//! What a line of a server's operator asks for.
ghost use Rattle.std.specs.Prelude.{◌≡◌, IfOk, IfErr, IsSome, option_map};
ghost use Rattle.server_talk.specs.Naming.{if_named, IsNamedText};
ghost use Rattle.server_talk.specs.Requests.{bare, explained_in, request_in, request_of};

use asks::cut_at_space;
use engine_core::Event;
use line_names::has_names;
use script_lines::{ViewLine, operator_event_in, view_line_in};
use std::alloc::{AllocError, Global};

/// The most bytes of a line. A longer one is bad.
pub const LINE_LIMIT: usize = 4096;

/// What a line asks for.
#[derive(Drop)]
pub(crate) enum Request {
    /// What is left of each link.
    Book,
    /// What a reload would change.
    Check,
    /// The end of the run.
    End,
    /// To read the link text again, and give the links its values from now on.
    Reload,
    /// To see something.
    View(ViewLine),
    /// An initiation, an update, a return or a removal of an LSP.
    Submit(Event),
}

/// Returns what a text asks for, or `None` for a bad line. Only a line that asks for something takes memory.
#[tactic(auto, unfolding(crate::specs::Requests::request_in))]
fn request_in(alloc: Global, text: &str) -> Result<Option<Request>, AllocError>
    ensures request { IfOk result (λ request. request ≡ request_in text.now) }
    ensures good { IfErr result (λ _. IsSome (request_in text.now)) }
{
    if text == "book" {
        return Ok(Some(Request::Book));
    }
    if text == "end" {
        return Ok(Some(Request::End));
    }
    if text == "reload" {
        return Ok(Some(Request::Reload));
    }
    if text == "reload check" {
        return Ok(Some(Request::Check));
    }
    if let Some(view) = view_line_in(text) {
        return Ok(Some(Request::View(view)));
    }
    match operator_event_in(alloc, text)? {
        Some(event) => Ok(Some(Request::Submit(event))),
        None => Ok(None),
    }
}

/// Returns what comes after the word `words`: the line whose answer is to be explained.
#[tactic(auto, unfolding(crate::specs::Requests::explained_in))]
pub(crate) fn explained_in(text: &str) -> Option<&str>
    ensures { option_map (λ rest. rest.now) result ≡ explained_in text.now }
{
    match cut_at_space(text) {
        Some(("words", rest)) => Some(rest),
        _ => None,
    }
}

/// Returns the line without the word `words`.
#[tactic(auto, unfolding(crate::specs::Requests::bare))]
fn bare(text: &str) -> &str
    ensures { result.now ≡ bare text.now }
{
    match explained_in(text) {
        Some(rest) => rest,
        None => text,
    }
}

/// Returns a text if it has names.
fn if_named(text: &str) -> Option<&str>
    ensures { option_map (λ text. text.now) result ≡ if_named text.now }
{
    if has_names(text) { Some(text) } else { None }
}

/// Returns the text of a line that has names, without the word `words`.
#[tactic(auto, unfolding(crate::specs::Naming::is_named))]
pub(crate) fn named_in(line: &[u8]) -> Option<&str>
    ensures { IsNamedText (option_map (λ text. text.now) result) line.now }
{
    if line.len() > LINE_LIMIT {
        return None;
    }
    match str::from_utf8(line) {
        Ok(text) => if_named(bare(text)),
        Err(_) => None,
    }
}

/// Returns what a line asks for, or `None` for a bad line. Only a line that asks for something takes memory.
#[tactic(auto, unfolding(crate::specs::Requests::request_of))]
pub(crate) fn request_of(alloc: Global, line: &[u8]) -> Result<Option<Request>, AllocError>
    ensures request { IfOk result (λ request. request ≡ request_of line.now) }
    ensures good { IfErr result (λ _. IsSome (request_of line.now)) }
{
    if line.len() > LINE_LIMIT {
        return Ok(None);
    }
    match str::from_utf8(line) {
        Ok(text) => request_in(alloc, bare(text)),
        Err(_) => Ok(None),
    }
}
++++
■ **Your task**
Repeat word for word the lines above that run from the line containing "match operator_event_in(alloc, text)?" through the line containing "fn bare(text: &str) -> &str", both ends included, and nothing else.

■ **Result below**
    match operator_event_in(alloc, text)? {
        Some(event) => Ok(Some(Request::Submit(event))),
        None => Ok(None),
    }
}

/// Returns what comes after the word `words`: the line whose answer is to be explained.
#[tactic(auto, unfolding(crate::specs::Requests::explained_in))]
pub(crate) fn explained_in(text: &str) -> Option<&str>
    ensures { option_map (λ rest. rest.now) result ≡ explained_in text.now }
{
    match cut_at_space(text) {
        Some(("words", rest)) => Some(rest),
        _ => None,
    }
}

/// Returns the line without the word `words`.
#[tactic(auto, unfolding(crate::specs::Requests::bare))]
fn bare(text: &str) -> &str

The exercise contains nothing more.